** STORED DATA follows **

//! The reply to each kind of answer.

ghost use Rattle.std.specs.Prelude.{◌≡◌, ◌≤◌, ◌<◌, ◌-◌, ◌^◌, ◌+◌, length, if◌then◌else◌, is_err, IfOk, MatchResult, Ok};
ghost use Rattle.vfs_wire.specs.Fields.{bytes_of};
ghost use Rattle.vfs_wire.specs.Records.{out_header};
ghost use Rattle.vfs_segments.specs.Written.{wrote};
ghost use Rattle.vfs_files.specs.Answers.{IsFault, KeepsTextShort, Quiet, Told, Untold, Agreements, Entries, TimedAttributes, Openings, Creations, Capacities, Texts, TextsOrCounts, Offsets, Writes, Faults, Done, Failed, Text, Count, init_answer, done_answer, entry_answer, attr_answer, opened_answer, created_answer, statistics_answer, offset_answer, written_answer};
ghost use Rattle.vfs_grammar.specs.Limits.{AreLimits};
ghost use Rattle.vfs_grammar.specs.Reply.{Bytes, fault_reply};
ghost use Rattle.vfs_grammar.specs.Words.{reply_to};
ghost use Rattle.vfs_grammar.specs.declared.limits.Limits.{Limits};
ghost use Rattle.vfs_messages.specs.Rooms.{Replies, data_header};
ghost use Rattle.codec_encode.specs.Said.{text_said, value_said};
ghost use Rattle.codec_encode.specs.Answering.{Comes};

use crate::answered::Answered;
use bitflags::Flags;
use codec_calls::{CallData, number};
use std::time::Duration;
use vfs_files::Entry;
use vfs_flags::{Fault, FsOptions, OpenOptions};
use vfs_grammar::{Limits, Result};
use vfs_messages::{
    agreed_options, reply_attr, reply_created, reply_done, reply_entry, reply_failed, reply_fault,
    reply_fault_alone, reply_init, reply_offset, reply_ok, reply_opened, reply_record,
    reply_statistics, reply_written,
};
use vfs_segments::Writer;
use vfs_wire::{Attr, ByteValued, OutHeader, Statvfs64};
use vfs_wire_more::GetxattrOut;

type FsResult<T> = std::result::Result<T, Fault>;

/// Nothing is replied. DESTROY leaves no options.
pub(crate) fn put_nothing(call: &CallData, w: &mut Writer) -> Answered
    ensures { (limits : Limits) → Comes limits call.now Quiet Done w.old result w.new }
{
    let options = if call.call == number::DESTROY {
        0
    } else {
        call.options
    };
    Answered {
        options,
        ..Answered::plain(call, Ok(0))
    }
}

/// Replies that a call was done, or the fault.
pub(crate) fn put_done(call: &CallData, said: FsResult<()>, w: &mut Writer) -> Answered
    ensures { (limits : Limits) → Comes limits call.now Told (done_answer said) w.old result w.new }
{
    Answered::plain(call, reply_done(said, call.unique, w))
}

/// Replies the fault, if there is one.
pub(crate) fn put_fault(call: &CallData, said: FsResult<()>, w: &mut Writer) -> Answered
    ensures { (limits : Limits) →
        Comes limits call.now Untold (done_answer said) w.old result w.new }
{
    Answered::plain(call, reply_fault(said, call.unique, w))
}

/// Replies the fault.
pub(crate) fn put_fault_alone(call: &CallData, fault: Fault, w: &mut Writer) -> Answered
    ensures { (limits : Limits) → Comes limits call.now Faults (Failed fault) w.old result w.new }
{
    Answered::plain(call, reply_fault_alone(fault, call.unique, w))
}

/// Replies the options that are agreed on, or the fault.
pub(crate) fn put_agreed(
    limits: Limits,
    call: &CallData,
    want: FsResult<FsOptions>,
    w: &mut Writer,
) -> Answered
    requires { AreLimits limits }
    ensures { Comes limits call.now Agreements (init_answer want) w.old result w.new }
{
    let offered = FsOptions::from_bits_retain(call.length);
    let options = agreed_options(&want, offered, FsOptions::from_bits_retain(call.options));
    let outcome = reply_init(want, options, limits, call.readahead, call.unique, w);
    Answered {
        options: options.bits(),
        ..Answered::plain(call, outcome)
    }
}

/// The node of an entry whose reply was refused for want of room, and else 0.
fn given(outcome: &Result<usize>, node: u64) -> u64
    ensures { result ≡ (if is_err outcome.now then node else 0) }
{
    if outcome.is_err() { node } else { 0 }
}

/// Replies an entry, or the fault. An entry whose reply doesn't fit is to be given back.
#[inline(always)]
pub(crate) fn put_entry(call: &CallData, said: FsResult<Entry>, w: &mut Writer) -> Answered
    ensures { (limits : Limits) →
        Comes limits call.now Entries (entry_answer said) w.old result w.new }
{
    let node = match &said {
        Ok(entry) => entry.inode,
        Err(_) => 0,
    };
    let outcome = reply_entry(said, call.unique, w);
    Answered {
        given: given(&outcome, node),
        ..Answered::plain(call, outcome)
    }
}

/// Replies an entry and what was opened with it, or the fault. An entry whose reply doesn't fit is
/// to be given back, and what was opened stays open.
pub(crate) fn put_created(
    call: &CallData,
    said: FsResult<(Entry, Option<u64>, OpenOptions)>,
    w: &mut Writer,
) -> Answered
    ensures { (limits : Limits) →
        Comes limits call.now Creations (created_answer (λ h. h) said) w.old result w.new }
{
    let node = match &said {
        Ok((entry, _, _)) => entry.inode,
        Err(_) => 0,
    };
    let outcome = reply_created::<u64>(said, call.unique, w);
    Answered {
        given: given(&outcome, node),
        ..Answered::plain(call, outcome)
    }
}

/// Replies attributes and how long they hold, or the fault.
#[inline(always)]
pub(crate) fn put_attributes(
    call: &CallData,
    said: FsResult<(Attr, Duration)>,
    w: &mut Writer,
) -> Answered
    ensures { (limits : Limits) →
        Comes limits call.now TimedAttributes (attr_answer said) w.old result w.new }
{
    Answered::plain(call, reply_attr(said, call.unique, w))
}

/// Replies what was opened, or the fault.
pub(crate) fn put_opened(
    call: &CallData,
    said: FsResult<(Option<u64>, OpenOptions)>,
    w: &mut Writer,
) -> Answered
    ensures { (limits : Limits) →
        Comes limits call.now Openings (opened_answer (λ h. h) said) w.old result w.new }
{
    Answered::plain(call, reply_opened::<u64>(said, call.unique, w))
}

/// Replies what the file system holds, or the fault.
pub(crate) fn put_statistics(call: &CallData, said: FsResult<Statvfs64>, w: &mut Writer) -> Answered
    ensures { (limits : Limits) →
        Comes limits call.now Capacities (statistics_answer said) w.old result w.new }
{
    Answered::plain(call, reply_statistics(said, call.unique, w))
}

/// Replies a text that leaves room for a header in 32 bits.
fn reply_short(text: &[u8], unique: u64, w: &mut Writer) -> Result<usize>
    requires { length text.now < 2 ^ 32 - 16 }
    ensures { Replies (reply_to unique Texts (Text text.now)) w.old result w.new }
{
    reply_ok::<u8>(None, Some(text), unique, w)
}

/// Replies the text, or the fault.
pub(crate) fn put_text(call: &CallData, said: FsResult<()>, text: &[u8], w: &mut Writer) -> Answered
    requires { KeepsTextShort (text_said said text.now) }
    ensures { (limits : Limits) →
        Comes limits call.now Texts (text_said said text.now) w.old result w.new }
{
    let outcome = match said {
        Ok(()) => reply_short(text, call.unique, w),
        Err(fault) => reply_failed(fault, call.unique, w),
    };
    Answered::plain(call, outcome)
}

/// Replies how many bytes extended attributes have.
fn reply_count(count: u32, unique: u64, w: &mut Writer) -> Result<usize>
    ensures { Replies (reply_to unique TextsOrCounts (Count count)) w.old result w.new }
{
    let out = GetxattrOut {
        size: count,
        padding: 0,
    };
    reply_record(out, unique, w)
}

/// Replies the text, or how many bytes it has, or the fault.
pub(crate) fn put_value(
    call: &CallData,
    said: FsResult<Option<u32>>,
    text: &[u8],
    w: &mut Writer,
) -> Answered
    requires { KeepsTextShort (value_said said text.now) }
    ensures { (limits : Limits) →
        Comes limits call.now TextsOrCounts (value_said said text.now) w.old result w.new }
{
    let outcome = match said {
        Ok(None) => reply_short(text, call.unique, w),
        Ok(Some(count)) => reply_count(count, call.unique, w),
        Err(fault) => reply_failed(fault, call.unique, w),
    };
    Answered::plain(call, outcome)
}

/// Replies a place in a file, or the fault.
pub(crate) fn put_offset(call: &CallData, said: FsResult<u64>, w: &mut Writer) -> Answered
    ensures { (limits : Limits) →
        Comes limits call.now Offsets (offset_answer said) w.old result w.new }
{
    Answered::plain(call, reply_offset(said, call.unique, w))
}

/// Replies how many bytes were written, or the fault.
pub(crate) fn put_written(call: &CallData, said: FsResult<u32>, w: &mut Writer) -> Answered
    ensures { (limits : Limits) →
        Comes limits call.now Writes (written_answer said) w.old result w.new }
{
    Answered::plain(call, reply_written(said, call.unique, w))
}

/// Puts the header of a reply with that many bytes of data, which come after its place already.
fn put_header(count: u32, unique: u64, w: &mut Writer) -> Result<usize>
    requires short { count < 2 ^ 32 - 16 }
    requires room { 16 ≤ length w.old.left }
    ensures outcome { result ≡ Ok (16 + count) }
    ensures header { w.new ≡ wrote w.old (bytes_of out_header (data_header (Ok count) unique)) }
{
    let header = OutHeader {
        len: OutHeader::SIZE as u32 + count,
        error: 0,
        unique,
    };
    let _ = w.write_obj(header);
    Ok(OutHeader::SIZE + count as usize)
}

/// Replies that many bytes of data, which come after the place of their header already, or the
/// fault. The header alone is put.
pub(crate) fn put_data(call: &CallData, said: FsResult<u32>, w: &mut Writer) -> Answered
    requires short { IfOk said (λ count. count < 2 ^ 32 - 16) }
    requires room { 16 ≤ length w.old.left }
    ensures plain { result ≡ record {
      outcome = result.outcome;
      options = call.now.options;
      given = 0;
      taken = 0;
    } }
    ensures put { MatchResult said
        (λ count. (result.outcome ≡ Ok (16 + count))
        × (w.new ≡ wrote w.old (bytes_of out_header (data_header (Ok count) call.now.unique))))
        (λ fault. IsFault fault
        × Replies (Bytes (fault_reply fault call.now.unique)) w.old result.outcome w.new) }
{
    match said {
        Ok(count) => Answered::plain(call, put_header(count, call.unique, w)),
        Err(fault) => Answered::plain(call, reply_failed(fault, call.unique, w)),
    }
}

** End of STORED DATA **

■ **PROBLEM**
Each line from the beginning of the entries to the line with "pub(crate) fn put_nothing(call: &CallData, w: &mut" must be repeated exactly, with both end lines kept and no other lines given.

■ **WRITTEN ANSWER**
//! The reply to each kind of answer.

ghost use Rattle.std.specs.Prelude.{◌≡◌, ◌≤◌, ◌<◌, ◌-◌, ◌^◌, ◌+◌, length, if◌then◌else◌, is_err, IfOk, MatchResult, Ok};
ghost use Rattle.vfs_wire.specs.Fields.{bytes_of};
ghost use Rattle.vfs_wire.specs.Records.{out_header};
ghost use Rattle.vfs_segments.specs.Written.{wrote};
ghost use Rattle.vfs_files.specs.Answers.{IsFault, KeepsTextShort, Quiet, Told, Untold, Agreements, Entries, TimedAttributes, Openings, Creations, Capacities, Texts, TextsOrCounts, Offsets, Writes, Faults, Done, Failed, Text, Count, init_answer, done_answer, entry_answer, attr_answer, opened_answer, created_answer, statistics_answer, offset_answer, written_answer};
ghost use Rattle.vfs_grammar.specs.Limits.{AreLimits};
ghost use Rattle.vfs_grammar.specs.Reply.{Bytes, fault_reply};
ghost use Rattle.vfs_grammar.specs.Words.{reply_to};
ghost use Rattle.vfs_grammar.specs.declared.limits.Limits.{Limits};
ghost use Rattle.vfs_messages.specs.Rooms.{Replies, data_header};
ghost use Rattle.codec_encode.specs.Said.{text_said, value_said};
ghost use Rattle.codec_encode.specs.Answering.{Comes};

use crate::answered::Answered;
use bitflags::Flags;
use codec_calls::{CallData, number};
use std::time::Duration;
use vfs_files::Entry;
use vfs_flags::{Fault, FsOptions, OpenOptions};
use vfs_grammar::{Limits, Result};
use vfs_messages::{
    agreed_options, reply_attr, reply_created, reply_done, reply_entry, reply_failed, reply_fault,
    reply_fault_alone, reply_init, reply_offset, reply_ok, reply_opened, reply_record,
    reply_statistics, reply_written,
};
use vfs_segments::Writer;
use vfs_wire::{Attr, ByteValued, OutHeader, Statvfs64};
use vfs_wire_more::GetxattrOut;

type FsResult<T> = std::result::Result<T, Fault>;

/// Nothing is replied. DESTROY leaves no options.
pub(crate) fn put_nothing(call: &CallData, w: &mut Writer) -> Answered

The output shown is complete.